I work in this space on another platform, and the problems we regularly run into include things like:
* We aren't 100% confident that we've detected malware
* Users sometimes actually find malware to have some helpful functionality (e.g. photo filter app that uploads all your photos, not just the ones you hand it)
* Malware authors target mechanisms that we can provide feedback to users
* Saying you didn't find any malware can lead users to think there is no malware
* Users don't really know to do with "oh we found malware and fixed it for you"
…
There aren't impossible problems to solve (at least, I hope they aren't…) but they definitely require some thought. I don't quite know how Apple does malware scanning; my understanding was that they do a lot of signature matches which should help with "we are confident this is malware", but considering some of the behaviors described in the article ("macOS detected malware and didn't do anything?!") I suspect some of these are less reliable. In any case, I get the feeling that Apple has not prioritized notifying the user of this because they don't want to spent the time on it for whatever reason. They don't really want to keep it secret, hence the API for third parties to perhaps solve the problem for them, but they aren't doing it themselves. Perhaps they really should; I think it's fine to be upset about this. The specific complaint I had was that the author seemed to imply that Apple purposefully underdocumented the API and made it hard to use for normal people, when that wasn't the purpose of it at all.

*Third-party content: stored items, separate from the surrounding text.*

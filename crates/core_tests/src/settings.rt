//! The settings of `world`: words that are none, settings that are refused, and runs with inputs and a seed.

use super::cases::{CALM, Case, check};
use super::texts::{COUNTER, HELLO, INPUTS};
use std::alloc::Global;
use std::process::Abort;
use std::test::Fail;
use tapc_core::Status;

const USAGE: &[u8] = b"usage: tapc check | print | compile | world | node | replay | make | soak\n";

/// Words: the name of the row, the words, the status, and the line.
type Row = (&'static str, &'static [&'static str], Status, &'static [u8]);

/// Words behind two files, of which one is no setting.
fn words() -> [(&'static str, &'static [&'static str]); 31] {
    [
        ("nothing", &["world", "s", "t", ""]),
        ("no value", &["world", "s", "t", "a.x"]),
        ("an empty value", &["world", "s", "t", "a.x="]),
        ("no process", &["world", "s", "t", "x=1"]),
        ("an empty process", &["world", "s", "t", ".x=1"]),
        ("an empty input", &["world", "s", "t", "a.=1"]),
        ("no point", &["world", "s", "t", "ax=1"]),
        ("a zero in front", &["world", "s", "t", "a.x=01"]),
        ("a minus and 0", &["world", "s", "t", "a.x=-0"]),
        ("a plus", &["world", "s", "t", "a.x=+1"]),
        ("a blank behind the number", &["world", "s", "t", "a.x=1 "]),
        ("a second word in it", &["world", "s", "t", "a.x=1 extra"]),
        ("a digit in front of a name", &["world", "s", "t", "a.1x=1"]),
        ("two points", &["world", "s", "t", "a.x.y=1"]),
        ("two values", &["world", "s", "t", "a.x=1=1"]),
        ("too great", &["world", "s", "t", "a.x=9223372036854775808"]),
        (
            "too small",
            &["world", "s", "t", "a.x=-9223372036854775809"],
        ),
        ("no seed", &["world", "s", "t", "seed"]),
        ("an empty seed", &["world", "s", "t", "seed="]),
        ("a seed below 0", &["world", "s", "t", "seed=-1"]),
        (
            "a seed with a zero in front",
            &["world", "s", "t", "seed=01"],
        ),
        ("a seed of two zeros", &["world", "s", "t", "seed=00"]),
        ("a seed with a plus", &["world", "s", "t", "seed=+1"]),
        ("a blank behind the seed", &["world", "s", "t", "seed=1 "]),
        ("two seeds in one word", &["world", "s", "t", "seed=1=1"]),
        ("a seed in upper case", &["world", "s", "t", "Seed=1"]),
        (
            "a seed of more than 64 bits",
            &["world", "s", "t", "seed=18446744073709551616"],
        ),
        ("one seed twice", &["world", "s", "t", "seed=1", "seed=1"]),
        ("two seeds", &["world", "s", "t", "seed=1", "seed=2"]),
        (
            "two seeds around a setting",
            &["world", "s", "t", "seed=0", "a.x=1", "seed=0"],
        ),
        (
            "a seed, and a word that is no setting",
            &["world", "s", "t", "seed=1", "extra"],
        ),
    ]
}

/// Settings of a system without inputs, and words that are none of `world`.
fn undeclared() -> [Row; 21] {
    [
        (
            "an input that is not declared",
            &["world", "s", "t", "a.x=1"],
            Status::Refused,
            b"refused I1 a.x\n",
        ),
        (
            "the greatest number",
            &["world", "s", "t", "a.x=9223372036854775807"],
            Status::Refused,
            b"refused I1 a.x\n",
        ),
        (
            "the least number",
            &["world", "s", "t", "a.x=-9223372036854775808"],
            Status::Refused,
            b"refused I1 a.x\n",
        ),
        (
            "a variable",
            &["world", "s", "t", "a.k=1"],
            Status::Refused,
            b"refused I1 a.k\n",
        ),
        (
            "a process that is not declared",
            &["world", "s", "t", "b.k=1"],
            Status::Refused,
            b"refused I1 b.k\n",
        ),
        (
            "a word of the language",
            &["world", "s", "t", "end.x=1"],
            Status::Refused,
            b"refused I1 end.x\n",
        ),
        (
            "the first of two",
            &["world", "s", "t", "a.y_2=-1", "a.x=0"],
            Status::Refused,
            b"refused I1 a.y_2\n",
        ),
        (
            "one that is not declared, twice",
            &["world", "s", "t", "a.x=0", "a.x=0"],
            Status::Refused,
            b"refused I1 a.x\n",
        ),
        (
            "a setting before a schedule that is not there",
            &["world", "s", "u", "a.x=1"],
            Status::Refused,
            b"refused I1 a.x\n",
        ),
        (
            "a text that is not there",
            &["world", "u", "t", "a.x=1"],
            Status::ReadFault,
            b"read fault\n",
        ),
        (
            "a word behind a setting",
            &["world", "s", "t", "a.x=1", "extra"],
            Status::Usage,
            USAGE,
        ),
        (
            "a setting before the files",
            &["world", "a.x=1", "s", "t"],
            Status::Usage,
            USAGE,
        ),
        (
            "a setting of check",
            &["check", "s", "a.x=1"],
            Status::Usage,
            USAGE,
        ),
        (
            "a setting of print",
            &["print", "s", "a.x=1"],
            Status::Usage,
            USAGE,
        ),
        (
            "a seed of check",
            &["check", "s", "seed=1"],
            Status::Usage,
            USAGE,
        ),
        (
            "a seed of print",
            &["print", "s", "seed=1"],
            Status::Usage,
            USAGE,
        ),
        (
            "an input with the name of the seed",
            &["world", "s", "t", "seed=1", "a.seed=1"],
            Status::Refused,
            b"refused I1 a.seed\n",
        ),
        (
            "a seed for a schedule",
            &["world", "s", "seed=1"],
            Status::ReadFault,
            b"read fault\n",
        ),
        (
            "a seed of 0",
            &["world", "s", "t", "seed=0"],
            Status::Done,
            b"var a k 0\nend\n",
        ),
        (
            "a seed of 1",
            &["world", "s", "t", "seed=1"],
            Status::Done,
            b"var a k 0\nend\n",
        ),
        (
            "the greatest seed",
            &["world", "s", "t", "seed=18446744073709551615"],
            Status::Done,
            b"var a k 0\nend\n",
        ),
    ]
}

#[test]
fn other_words_are_no_setting(rt: HostRuntime) -> Result<(), Fail> {
    for (name, words) in words() {
        let case = Case {
            name,
            words,
            system: COUNTER,
            status: Status::Usage,
            lines: USAGE,
            ..CALM
        };
        check(&rt, rt.alloc(), &case)?;
    }
    Ok(())
}

/// Settings of a system with inputs: two of a, from -2 to 5 and a truth, and one of b, from 7 to 9.
fn offences() -> [Row; 16] {
    [
        (
            "no setting",
            &["world", "s", "t"],
            Status::Refused,
            b"refused I3 a.low\n",
        ),
        (
            "a seed alone",
            &["world", "s", "t", "seed=1"],
            Status::Refused,
            b"refused I3 a.low\n",
        ),
        (
            "no setting before a schedule that is not there",
            &["world", "s", "u"],
            Status::Refused,
            b"refused I3 a.low\n",
        ),
        (
            "the second is missing",
            &["world", "s", "t", "b.high=8", "a.low=0"],
            Status::Refused,
            b"refused I3 a.go\n",
        ),
        (
            "the last is missing",
            &["world", "s", "t", "a.go=1", "a.low=0"],
            Status::Refused,
            b"refused I3 b.high\n",
        ),
        (
            "the input of another process",
            &["world", "s", "t", "b.low=0"],
            Status::Refused,
            b"refused I1 b.low\n",
        ),
        (
            "a name in upper case",
            &["world", "s", "t", "a.Low=0"],
            Status::Refused,
            b"refused I1 a.Low\n",
        ),
        (
            "the same value twice",
            &["world", "s", "t", "a.low=0", "a.low=0"],
            Status::Refused,
            b"refused I2 a.low\n",
        ),
        (
            "twice, and out of range",
            &["world", "s", "t", "a.low=0", "a.low=6"],
            Status::Refused,
            b"refused I2 a.low\n",
        ),
        (
            "out of range, and then twice",
            &["world", "s", "t", "a.low=6", "a.low=0"],
            Status::Refused,
            b"refused I4 a.low\n",
        ),
        (
            "below the range",
            &["world", "s", "t", "a.low=-3"],
            Status::Refused,
            b"refused I4 a.low\n",
        ),
        (
            "no truth",
            &["world", "s", "t", "a.low=0", "a.go=2"],
            Status::Refused,
            b"refused I4 a.go\n",
        ),
        (
            "out of range, and others are missing",
            &["world", "s", "t", "b.high=6"],
            Status::Refused,
            b"refused I4 b.high\n",
        ),
        (
            "out of range before one that is not declared",
            &["world", "s", "t", "b.high=10", "c.x=0"],
            Status::Refused,
            b"refused I4 b.high\n",
        ),
        (
            "one that is not declared behind all others",
            &[
                "world", "s", "t", "a.low=5", "a.go=0", "b.high=9", "b.low=0",
            ],
            Status::Refused,
            b"refused I1 b.low\n",
        ),
        (
            "all, and a schedule that is not there",
            &["world", "s", "u", "a.low=5", "a.go=0", "b.high=9"],
            Status::ReadFault,
            b"read fault\n",
        ),
    ]
}

/// A run with settings: its name, the words, the system, the schedule, the status, and the lines.
type Run = (
    &'static str,
    &'static [&'static str],
    &'static [u8],
    &'static [u8],
    Status,
    &'static [u8],
);

/// Runs with settings, and a text that is refused before they are judged.
fn runs() -> [Run; 8] {
    [
        (
            "a text before a setting",
            &["world", "s", "t", "a.x=1"],
            b"$",
            b"",
            Status::Refused,
            b"refused L1 1:1\n",
        ),
        // The guard of a reads its second input, and its body the first.
        (
            "least values",
            &["world", "s", "t", "a.low=-2", "a.go=1", "b.high=7"],
            INPUTS,
            b"turn a 0\nturn b 1\n",
            Status::Done,
            b"tick a 0\nact a 0\ntick b 1\nact b 0\nvar a k -2\nvar b h 7\nend\n",
        ),
        (
            "greatest values, in another order",
            &["world", "s", "t", "b.high=9", "a.go=1", "a.low=5"],
            INPUTS,
            b"turn a 0\nturn b 1\n",
            Status::Done,
            b"tick a 0\nact a 0\ntick b 1\nact b 0\nvar a k 5\nvar b h 9\nend\n",
        ),
        (
            "a seed among the others",
            &["world", "s", "t", "b.high=9", "seed=1", "a.go=1", "a.low=5"],
            INPUTS,
            b"turn a 0\nturn b 1\n",
            Status::Done,
            b"tick a 0\nact a 0\ntick b 1\nact b 0\nvar a k 5\nvar b h 9\nend\n",
        ),
        (
            "a guard that an input keeps shut",
            &["world", "s", "t", "a.low=5", "a.go=0", "b.high=9"],
            INPUTS,
            b"turn a 0\nturn b 1\nturn b 2\n",
            Status::Done,
            b"tick a 0\nidle a\ntick b 1\nact b 0\ntick b 2\nidle b\nvar a k 0\nvar b h 9\nend\n",
        ),
        (
            "no event",
            &["world", "s", "t", "a.low=5", "a.go=0", "b.high=9"],
            INPUTS,
            b"",
            Status::Done,
            b"var a k 0\nvar b h 8\nend\n",
        ),
        (
            "a bad line",
            &["world", "s", "t", "a.low=5", "a.go=0", "b.high=9"],
            INPUTS,
            b"turn a 0\nturn c 0\n",
            Status::BadSchedule,
            b"tick a 0\nidle a\nbad line 2\n",
        ),
        // 200 is c8 in a byte.
        (
            "an input that is sent",
            &["world", "s", "t", "a.number=200"],
            HELLO,
            b"turn a 0\narrive a b\nturn b 1\n",
            Status::Done,
            b"tick a 0\nact a 0\nsent b c8\narrive a b\ntick b 1\nact b 0\nvar a said 1\nvar b heard 200\nend\n",
        ),
    ]
}

/// The status and the line of the row, of this system with an empty schedule.
fn check_row(rt: &impl Abort, alloc: Global, system: &'static [u8], row: &Row) -> Result<(), Fail> {
    let (name, words, status, lines) = *row;
    let case = Case {
        name,
        words,
        system,
        status,
        lines,
        ..CALM
    };
    check(rt, alloc, &case)
}

#[test]
fn settings_are_judged_behind_the_text(rt: HostRuntime) -> Result<(), Fail> {
    for row in &undeclared() {
        check_row(&rt, rt.alloc(), COUNTER, row)?;
    }
    Ok(())
}

#[test]
fn the_first_offence_of_settings_is_told(rt: HostRuntime) -> Result<(), Fail> {
    for row in &offences() {
        check_row(&rt, rt.alloc(), INPUTS, row)?;
    }
    Ok(())
}

#[test]
fn settings_give_the_inputs_of_a_run(rt: HostRuntime) -> Result<(), Fail> {
    for (name, words, system, schedule, status, lines) in runs() {
        let case = Case {
            name,
            words,
            system,
            schedule,
            status,
            lines,
            ..CALM
        };
        check(&rt, rt.alloc(), &case)?;
    }
    Ok(())
}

Would you like Mac OS to work like your average Windows antivirus which keeps bombarding you with notifications that FIFTY THREATS HAVE BEEN DETECTED! BE AFRAID! ?
It looks like HN's URL truncation is mangling the link in the post above. I think it's meant to go to https://is.gd/hneoxB (using a URL shortener to work around the bug), but when the full URL is posted, (https://developer.apple.com/documentation/endpointsecurity/e...), it gets truncated after the first letter of the last path segment.
EDIT: For some reason, when you put the URL in parentheses, it's correctly handled once again.
It's a pretty clear dump of the contents of https://developer.apple.com/documentation/endpointsecurity/e..., just like every other endpoint security event. This tool is intended for users who are familiar with the Endpoint Security framework and want quick access to an entitled binary for testing purposes.
The author needs to understand that 1. developer APIs exist and are meant for developers, and 2. the OS is never going to be designed to be introspectable to someone like him and his users, because that would be an incredibly stupid way to design an OS. If you want to peek at what is going on, use the existing APIs and package it up as an app for your users to use. Exposing raw events like the author wants is neither useful or actionable for most users.